Now, lobbyists are peddling a slew of new policies in Tallahassee, hoping to kick-start an even bigger boom. Proposals include strong renewable energy targets, premium prices for solar electricity, tax incentives for solar companies, rebates for consumers and firm backing from state regulators. Similar debates are playing out in states across the country, and in the nation's capital.

In the next month, the state Legislature will decide which policies will win out.
The issue has attracted farmers, developers, small-business owners, big businesses like Florida Crystals and the usual complement of utility lobbyists and environmentalists.

Riddled with acronyms and technical jargon, the debate can often be impenetrable, with millions of dollars worth of jobs and investment in the balance. The Legislature is debating Crist's "20 by 2020" renewable goal, and utilities are pushing for a "clean" goal that would include new nuclear power.

A policy known as feed-in tariffs also is gaining traction, pushed by a renewable energy lobby that includes solar installers and manufacturers.

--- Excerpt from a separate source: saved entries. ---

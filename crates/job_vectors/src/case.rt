//! One line of the input.
use anyhow::Context;
use std::alloc::Global;

// A job, and how many bytes the cells memory has.
#[derive(Drop)]
pub(crate) struct Case {
    pub room: usize,
    pub job: Vec<u8>,
}

// A single `-` stands for no bytes.
fn bytes_of(alloc: Global, digits: &str) -> anyhow::Result<Vec<u8>> {
    if digits == "-" {
        return Ok(Vec::new(alloc));
    }
    Ok(hex::decode(alloc, digits)?)
}

impl Case {
    pub(crate) fn parse(alloc: Global, line: &str) -> anyhow::Result<Case> {
        let mut fields = line.split(' ');
        let room = fields.next().context("no size of a memory")?.parse()?;
        let job = bytes_of(alloc, fields.next().context("no job")?)?;
        Ok(Case { room, job })
    }
}
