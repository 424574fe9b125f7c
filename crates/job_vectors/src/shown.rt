//! What is printed for one job.
use crate::case::Case;
use faults::report::Report;
use job_texts::lab_text::lab_text;
use jobs::done::Done;
use jobs::job::run_job;
use samples::cells::{digest, sevens};

fn show_done(rt: &HostRuntime, done: &Done) -> anyhow::Result<()> {
    let (standing, undone, clock, phase) = done.counts;
    let (width, height) = (done.start.width(), done.start.height());
    print!(rt;
        "done {} {clock} {standing} {undone} {width} {height} {phase}",
        done.made
    )?;
    Ok(())
}

fn show_fault(rt: &HostRuntime, report: &Report) -> anyhow::Result<()> {
    let (layer, number) = (report.layer, report.number);
    print!(rt; "fault {layer} {number} {} {}", report.line, report.field)?;
    Ok(())
}

// The outcome of the job, and digests of the memory and of what `lab` prints for it.
pub(crate) fn show(rt: &HostRuntime, case: &Case) -> anyhow::Result<()> {
    let mut cells = sevens(case.room, rt.alloc())?;
    match run_job(&case.job, &mut cells) {
        Ok(done) => show_done(rt, &done)?,
        Err(fault) => show_fault(rt, &Report::from(fault))?,
    }
    let text = lab_text(&case.job, rt.alloc())?;
    println!(rt; " {} {} {}", digest(&cells), text.len(), digest(&text))?;
    Ok(())
}
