//! A nucleus's row with its scripts (The TeXbook, Appendix G, rule 18; tex.web §756 to §759).
ghost use Rattle.std.specs.Prelude.{◌≡◌, ◌≤◌, ◌<◌, ◌^◌, ◌+◌, ◌++◌, ◌∷◌, [], length, max, pos, Some, None, Option, IfOk, ◌+ℤ◌, neg_ℤ, IsErrOf, OnOk, List};
ghost use Rattle.std.specs.Option.{ForSome, option_map};
ghost use Rattle.mt_scaled.specs.Number.{Within};
ghost use Rattle.mt_box.specs.Layout.{layout_of};
ghost use Rattle.mt_box.specs.Rows.{PieceBox, piece_values, row_level, AllMeasurable, AllModest, PieceValue};
ghost use Rattle.mt_rules.specs.Calls.{RowAnswers};
ghost use Rattle.mt_rules.specs.Scripts;
ghost use Rattle.mt_scripts.specs.Levels.{script_level};
ghost use Rattle.mt_scripts.specs.Reaches.{ReachesWithin, RowReachesWithin};
ghost use Rattle.mt_scripts.specs.Nuclei.{IsNucleusOf};
ghost use Rattle.std.specs.Int.{int_max};
ghost use Rattle.mt_box.specs.declared.place.Place.{Place};
ghost use Rattle.mt_box.specs.Extents.{ExtentsInRange};
ghost use Rattle.mt_box.specs.marks.Layers.{top};
ghost use Rattle.mt_box.specs.marks.RowParts.{IsNear};
ghost use Rattle.mt_rules.specs.Setting.{make_box};
ghost use Rattle.mt_rules.specs.OnMarks.{RowSetsOn, BoxSetsOn, layout_with};

use crate::script_shifts;
use mt_box::{
    Extents, Marks, Move, PackError, Packed, Piece, Row, RowPiece, row_extents, with_extents,
};
use mt_family::FontSet;
use mt_rules::{Shifts, Style, tested_extents};
use mt_scaled::Length;
use std::alloc::{AllocError, Global};

/// The row of a nucleus with its scripts after it. `delta` is the italic correction that the
/// nucleus does not have: with both scripts the superscript is so far to the right. Without
/// scripts it is the nucleus's row.
///
/// The row has at most 2^21 pieces; each number in it is at most 2^40 in size, and so is `delta`.
/// The level of each script is at most 2^20 - 4. Where each box in the row has a level below 2^20,
/// and the row's height and depth are at most 2^33 in size, the answer is such a row too (the
/// clause `modest`), which can be packed.
///
/// Refused with `Overflow` of the first extent out of range of what is made in this order: the
/// superscript and the subscript, each made wider, and with both scripts their box; and with
/// `OutOfMemory`.
#[tactic(auto, unfolding(mt_rules::specs::Scripts::row_with_scripts))]
pub fn attach_scripts(
    alloc: Global,
    fonts: &FontSet,
    style: Style,
    nucleus: Row,
    delta: i64,
    sup: Option<Packed>,
    sub: Option<Packed>,
) -> Result<Row, PackError>
    requires few { length nucleus ≤ 2 ^ 21 }
    requires measurable { AllMeasurable nucleus }
    requires delta { Within (2 ^ 40) delta }
    requires sup_level { ForSome sup (λ b. b.level + 4 ≤ 2 ^ 20) }
    requires sub_level { ForSome sub (λ b. b.level + 4 ≤ 2 ^ 20) }
    ensures is { RowAnswers result (Scripts.row_with_scripts fonts.now style
        (piece_values nucleus) delta
        (option_map layout_of sup) (option_map layout_of sub)) }
    ensures few { IfOk result (λ row. length row ≤ length nucleus + 1) }
    ensures level { IfOk result (λ row. row_level row
        ≤ max (row_level nucleus) (max (script_level sup) (script_level sub) + 2)) }
    ensures modest { AllModest nucleus → RowReachesWithin (2 ^ 33) nucleus → IfOk result AllModest }
{
    match (sup, sub) {
        (None, None) => Ok(nucleus),
        (Some(sup), None) => attach_sup(fonts, style, nucleus, sup),
        (None, Some(sub)) => attach_sub(fonts, style, nucleus, sub),
        (Some(sup), Some(sub)) => {
            attach_both(alloc, fonts, style, nucleus, Length { sp: delta }, sup, sub)
        }
    }
}

fn attach_sup(fonts: &FontSet, style: Style, nucleus: Row, sup: Packed) -> Result<Row, PackError>
    requires few { length nucleus ≤ 2 ^ 21 }
    requires measurable { AllMeasurable nucleus }
    requires level { sup.level + 4 ≤ 2 ^ 20 }
    ensures is { RowAnswers result (Scripts.row_with_scripts fonts.now style
        (piece_values nucleus) (pos 0)
        (Some (layout_of sup)) None) }
    ensures few { IfOk result (λ row. length row ≡ length nucleus + 1) }
    ensures level { IfOk result (λ row. row_level row ≡ max (row_level nucleus) (sup.level + 1)) }
    ensures modest { AllModest nucleus → RowReachesWithin (2 ^ 33) nucleus → IfOk result AllModest }
{
    let piece = sup_on_marks(fonts, style, nucleus_of(&nucleus), sup.extents())?;
    Ok(row_with(nucleus, piece, with_extents(sup, piece.extents))?)
}

fn attach_sub(fonts: &FontSet, style: Style, nucleus: Row, sub: Packed) -> Result<Row, PackError>
    requires few { length nucleus ≤ 2 ^ 21 }
    requires measurable { AllMeasurable nucleus }
    requires level { sub.level + 4 ≤ 2 ^ 20 }
    ensures is { RowAnswers result (Scripts.row_with_scripts fonts.now style
        (piece_values nucleus) (pos 0)
        None (Some (layout_of sub))) }
    ensures few { IfOk result (λ row. length row ≡ length nucleus + 1) }
    ensures level { IfOk result (λ row. row_level row ≡ max (row_level nucleus) (sub.level + 1)) }
    ensures modest { AllModest nucleus → RowReachesWithin (2 ^ 33) nucleus → IfOk result AllModest }
{
    let piece = sub_on_marks(fonts, style, nucleus_of(&nucleus), sub.extents())?;
    Ok(row_with(nucleus, piece, with_extents(sub, piece.extents))?)
}
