//! The relocatable object of an output.

ghost use Rattle.std.specs.Prelude.{◌≡◌, ◌+◌, ◌<◌, ◌≤◌, ◌^◌, length, All, IfOk, IsErrOf};
ghost use Rattle.elf_object.specs.Standard.{SHN_LORESERVE};
ghost use Rattle.elf_object.specs.Spelling.{spelling};
ghost use Rattle.elf_object.specs.Grammar.{IsNamed, IsAligned, IsObject};
ghost use Rattle.object_command.specs.Calls;
ghost use Rattle.object_command.specs.Object.{symbols_of, relocations_of, object_of};
ghost use Rattle.object_command.specs.Object.{HaveSymbolNames, IsObjectOf, HasLargeObject};
ghost use Rattle.object_command.specs.declared.object.ObjectError.TheVariants.{Memory};

use crate::calls::{CallSite, call_sites};
use crate::names::have_symbol_names;
use crate::sections::{push_code, push_debug, push_symbols};
use crate::symbols::link;
use elf_object::object::{Bytes, Object, Sections};
use elf_object::relocations::Relocation;
use elf_object::size::object_size;
use elf_object::symbols::{Symbol, symbol_names_size};
use elf_object::write::write_object;
use listing_text::output::Output;
use std::alloc::{AllocError, Global};
use thiserror::Error;

/// Why an output has no object.
#[derive(Clone, Copy, Debug, PartialEq, Eq, Error)]
pub enum ObjectError {
    /// A function's name, or the name of a function that is called, is empty or has a zero byte; or code has a half of
    /// a symbol's address, for which there is no relocation.
    #[error("a name can't be a symbol's")]
    SymbolName,
    /// The object would have 2^31 bytes or more.
    #[error("the object is too large")]
    TooLarge,
    /// Memory ran out.
    #[error("out of memory")]
    Memory,
}

impl From<AllocError> for ObjectError {
    ghost from_gives = { λ _ e. e ≡ Memory };

    fn from(_: AllocError) -> ObjectError {
        ObjectError::Memory
    }
}

/// The file of the object of an output. The error is `SymbolName` exactly if a function's name, or the name of a
/// function that is called, is empty or has a zero byte, or code has a half of a symbol's address, and otherwise
/// `TooLarge` exactly if the file would have 2^31 bytes or more.
pub fn object(alloc: Global, output: Output) -> Result<Bytes, ObjectError>
    ensures object { IfOk result (IsObjectOf output) }
    ensures symbol_name { IsErrOf result ObjectError.SymbolName → HaveSymbolNames output.functions → ⊥ }
    ensures too_large { IsErrOf result ObjectError.TooLarge → HasLargeObject output }
{
    let sites = call_sites(alloc, output.functions.as_slice())?;
    if !have_symbol_names(output.functions.as_slice(), sites.as_slice()) {
        return Err(ObjectError::SymbolName);
    }
    write(alloc, output, sites.as_slice())
}

/// The file of the object of an output whose names can be symbols', with its call sites.
fn write(alloc: Global, output: Output, sites: &[CallSite]) -> Result<Bytes, ObjectError>
    requires names { HaveSymbolNames output.functions }
    requires sites { sites.now ≡ Calls.call_sites output.functions }
    ensures object { IfOk result (IsObjectOf output) }
    ensures named { IsErrOf result ObjectError.SymbolName → ⊥ }
    ensures too_large { IsErrOf result ObjectError.TooLarge → HasLargeObject output }
{
    match make(alloc, output, sites) {
        Ok(object) => file(alloc, &object),
        Err(error) => Err(error),
    }
}

/// The file of an object, whose sections' names have no zero byte and whose alignments multiples of 8 meet. The error
/// `TooLarge` is that it would have 2^31 bytes or more.
fn file(alloc: Global, object: &Object) -> Result<Bytes, ObjectError>
    requires names { All IsNamed object.now.sections }
    requires alignments { All IsAligned object.now.sections }
    requires count { length object.now.sections + 2 < SHN_LORESERVE }
    ensures object { IfOk result (IsObject object.now) }
    ensures named { IsErrOf result ObjectError.SymbolName → ⊥ }
    ensures too_large { IsErrOf result ObjectError.TooLarge → 2 ^ 31 ≤ length (spelling object.now) }
{
    if object_size(object).is_none() {
        return Err(ObjectError::TooLarge);
    }
    Ok(write_object(alloc, object)?)
}

/// The object of an output, with its call sites. The error `TooLarge` is that its file would have 2^31 bytes or more.
fn make(alloc: Global, output: Output, sites: &[CallSite]) -> Result<Object, ObjectError>
    requires { sites.now ≡ Calls.call_sites output.functions }
    ensures object { IfOk result (λ o. o ≡ object_of output) }
    ensures named { IsErrOf result ObjectError.SymbolName → ⊥ }
    ensures too_large { IsErrOf result ObjectError.TooLarge → 2 ^ 31 ≤ length (spelling (object_of output)) }
{
    match link(alloc, output.functions.as_slice(), sites) {
        Ok((symbols, relocations)) => {
            linked(alloc, output, symbols.as_slice(), relocations.as_slice())
        }
        Err(error) => Err(error),
    }
}

/// The object of an output, with its symbols and relocations.
fn linked(
    alloc: Global,
    output: Output,
    symbols: &[Symbol],
    relocations: &[Relocation],
) -> Result<Object, ObjectError>
    requires symbols { symbols.now ≡ symbols_of output.functions }
    requires relocations { relocations.now ≡ relocations_of output.functions }
    ensures object { IfOk result (λ o. o ≡ object_of output) }
    ensures named { IsErrOf result ObjectError.SymbolName → ⊥ }
    ensures too_large { IsErrOf result ObjectError.TooLarge → 2 ^ 31 ≤ length (spelling (object_of output)) }
{
    if symbol_names_size(symbols).is_none() {
        return Err(ObjectError::TooLarge);
    }
    let Output {
        text,
        abbreviations,
        info,
        rows,
        loclists,
        frame: _,
        ranges: _,
        functions: _,
    } = output;
    let mut sections = Sections::new(alloc);
    push_code(alloc, &mut sections, text, relocations)?;
    push_debug(alloc, &mut sections, abbreviations, info, rows, loclists)?;
    push_symbols(alloc, &mut sections, symbols)?;
    Ok(Object { flags: 0, sections })
}
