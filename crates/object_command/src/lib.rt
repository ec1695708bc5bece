//! Makes the relocatable object that the command `object` writes: the sections of a compiled program, a symbol for each
//! function and each other function that is called, and a relocation at each call site.
#![tactic(auto)]

pub mod calls;
mod halves;
pub mod laws;
pub mod names;
pub mod object;
mod sections;
pub mod symbols;
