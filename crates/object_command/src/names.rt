//! Whether the names of an output can be those of symbols, and its code needs no other relocation than those of calls.

ghost use Rattle.std.specs.Prelude.{◌≡◌, ◌↔◌, IsTrue, All};
ghost use Rattle.object_command.specs.Calls.{call_sites};
ghost use Rattle.object_command.specs.Object.{IsSymbolName, HaveSymbolNames};

use crate::calls::CallSite;
use crate::halves::have_no_half;
use elf_object::names::is_name;
use listing_text::output::ListedFunction;

/// Whether the names of functions, and those at their call sites, can be symbols', and no code has a half of a symbol's
/// address.
pub fn have_symbol_names(functions: &[ListedFunction], sites: &[CallSite]) -> bool
    requires { sites.now ≡ call_sites functions.now }
    ensures { IsTrue result ↔ HaveSymbolNames functions.now }
{
    are_functions_named(functions) && are_sites_named(sites) && have_no_half(functions)
}

/// Whether a name can be a symbol's: it isn't empty, and has no zero byte.
pub fn is_symbol_name(name: &[u8]) -> bool
    ensures { IsTrue result ↔ IsSymbolName name.now }
{
    !name.is_empty() && is_name(name)
}

/// Whether the functions' names can be symbols'.
pub fn are_functions_named(functions: &[ListedFunction]) -> bool
    ensures { IsTrue result ↔ All (λ f. IsSymbolName f.name) functions.now }
{
    for function in functions {
        if !is_symbol_name(function.name.as_slice()) {
            return false;
        }
    }
    true
}

/// Whether the names at call sites can be symbols'.
fn are_sites_named(sites: &[CallSite]) -> bool
    ensures { IsTrue result ↔ All (λ c. IsSymbolName c.name) sites.now }
{
    for site in sites {
        if !is_symbol_name(site.name.as_slice()) {
            return false;
        }
    }
    true
}
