//! The call sites in the machine code of functions.

ghost use Rattle.std.specs.Prelude.{◌≡◌, ◌++◌, ◌∷◌, [], ℕ, IsTrue, Some, OnOk, IfOk};
ghost use Rattle.std.specs.List.{flat_map};
ghost use Rattle.rv64_instr.specs.Form.{fits_call, fits_gone, fits_tail};
ghost use Rattle.rv64_instr.specs.Row.{row_of, call_row, tail_row, gone_row};
ghost use Rattle.sem_machine.specs.Image.{line_of};
ghost use Rattle.listing_meaning.specs.Program.{lines_of};
ghost use Rattle.object_command.specs.Calls.{callee_of, site_at, site_of, sites_in, call_sites};

use base_list::List;
use listing_text::output::{Line, ListedFunction};
use mir_func::item::{Item, ItemKind};
use rv64_instr::instr::Instr;
use rv64_instr::name::Name;
use rv64_instr::op::Op;
use rv64_instr::operand::Operand;
use std::alloc::{AllocError, Global};

/// A call site.
#[derive(Debug, Drop)]
pub struct CallSite {
    /// The address of its first byte.
    pub address: u32,
    /// The name of the function that it calls.
    pub name: Name,
}

/// Call sites, in the order of their addresses.
pub type CallSites = List<CallSite>;

/// The call sites of functions, in the order of their lines.
pub fn call_sites(alloc: Global, functions: &[ListedFunction]) -> Result<CallSites, AllocError>
    ensures { IfOk result (λ sites. sites ≡ call_sites functions.now) }
{
    let mut sites = CallSites::new(alloc);
    for function in functions {
        push_function(&mut sites, function)?;
    }
    Ok(sites)
}

/// Appends the call sites of a function.
fn push_function(sites: &mut CallSites, function: &ListedFunction) -> Result<(), AllocError>
    ensures { OnOk result (sites.new ≡ sites.old ++ flat_map sites_in (lines_of function.now)) }
{
    push_lines(sites, function.prologue.as_slice())?;
    for block in function.blocks.as_slice() {
        push_lines(sites, block.lines.as_slice())?;
    }
    Ok(())
}

/// Appends the call sites of lines.
fn push_lines(sites: &mut CallSites, lines: &[Line]) -> Result<(), AllocError>
    ensures { OnOk result (sites.new ≡ sites.old ++ flat_map sites_in lines.now) }
{
    for line in lines {
        push_line(sites, line)?;
    }
    Ok(())
}

/// Appends the call site of a line, if it has one.
fn push_line(sites: &mut CallSites, line: &Line) -> Result<(), AllocError>
    ensures { OnOk result (sites.new ≡ sites.old ++ sites_in line.now) }
{
    match line {
        Line::Item(listed) => match listed.address {
            Some(address) => push_item(sites, address, &listed.item),
            None => Ok(()),
        },
        Line::Skip(_) => Ok(()),
    }
}

/// Appends the call site of an item at an address, if it names a callee.
fn push_item(sites: &mut CallSites, address: u32, item: &Item) -> Result<(), AllocError>
    ensures { OnOk result (sites.new
        ≡ sites.old ++ flat_map site_of (line_of (Some address) item.now.origin item.now.kind)) }
{
    match &item.kind {
        ItemKind::Code(instruction, _) => push_call(sites, address, instruction),
        ItemKind::Mark(_, _) | ItemKind::Phi(_, _) => Ok(()),
    }
}

/// Appends the call site of an instruction at an address, if it names a callee.
fn push_call(sites: &mut CallSites, address: u32, instruction: &Instr) -> Result<(), AllocError>
    ensures { OnOk result (sites.new ≡ sites.old ++ site_at address (callee_of (row_of instruction.now))) }
{
    match instruction.op {
        Op::PseudoCall => {
            let name = called(instruction.operands.as_slice()).copy()?;
            sites.push(CallSite { address, name })
        }
        Op::PseudoTail => {
            let name = left_for(instruction.operands.as_slice()).copy()?;
            sites.push(CallSite { address, name })
        }
        Op::NoReturnCall => {
            let name = gone_to(instruction.operands.as_slice()).copy()?;
            sites.push(CallSite { address, name })
        }
        _ => Ok(()),
    }
}

/// The name of the function that a call in tail position with these operands calls.
fn left_for(operands: &[Operand]) -> &Name
    requires { IsTrue (fits_tail operands.now) }
    ensures { (address : ℕ) → site_at address (callee_of (tail_row operands.now))
        ≡ record { address = address; name = result.now } ∷ [] }
{
    match operands {
        [Operand::Symbol(name), ..] => name,
        _ => unreachable!(),
    }
}

/// The name of the function that a call that doesn't return calls.
fn gone_to(operands: &[Operand]) -> &Name
    requires { IsTrue (fits_gone operands.now) }
    ensures { (address : ℕ) → site_at address (callee_of (gone_row operands.now))
        ≡ record { address = address; name = result.now } ∷ [] }
{
    match operands {
        [Operand::Symbol(name), Operand::Mask, ..] => name,
        _ => unreachable!(),
    }
}

/// The name of the function that a call with these operands calls.
fn called(operands: &[Operand]) -> &Name
    requires { IsTrue (fits_call operands.now) }
    ensures { (address : ℕ) → site_at address (callee_of (call_row operands.now))
        ≡ record { address = address; name = result.now } ∷ [] }
{
    match operands {
        [Operand::Symbol(name), Operand::Mask, ..] => name,
        _ => unreachable!(),
    }
}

The tariffs force utilities to pay more for electricity that customers generated from solar panels than those customers pay for electricity generated by the utility's power plants. Gainesville recently adopted the tariffs, and advocates want to see it enacted statewide.

The state also could extend the policy that paved the way for FPL's 110 megawatts. Passed last year, it allows the Public Service Commission to approve renewable energy projects up to a certain limit, even if those projects cost more than fossil fuel plants.

Despite the enthusiasm for solar, it still has a long way to go before it displaces fossil and nuclear fuels. Consider that the state's three largest utilities — Progress Energy, Tampa Electric and FPL — have seen a few hundred customers install a combined solar capacity of close to 3 megawatts. The utilities together serve nearly 7 million customers and have nearly 40,000 megawatts worth of power plants that run on coal, oil, natural gas and nuclear fuel.
"The true test will be when people look out of the window of a skyscraper in their city and see their communities transform," Karnas said. "It's when the landscape, what people can see from their windows, changes. That's when we'll know we have succeeded."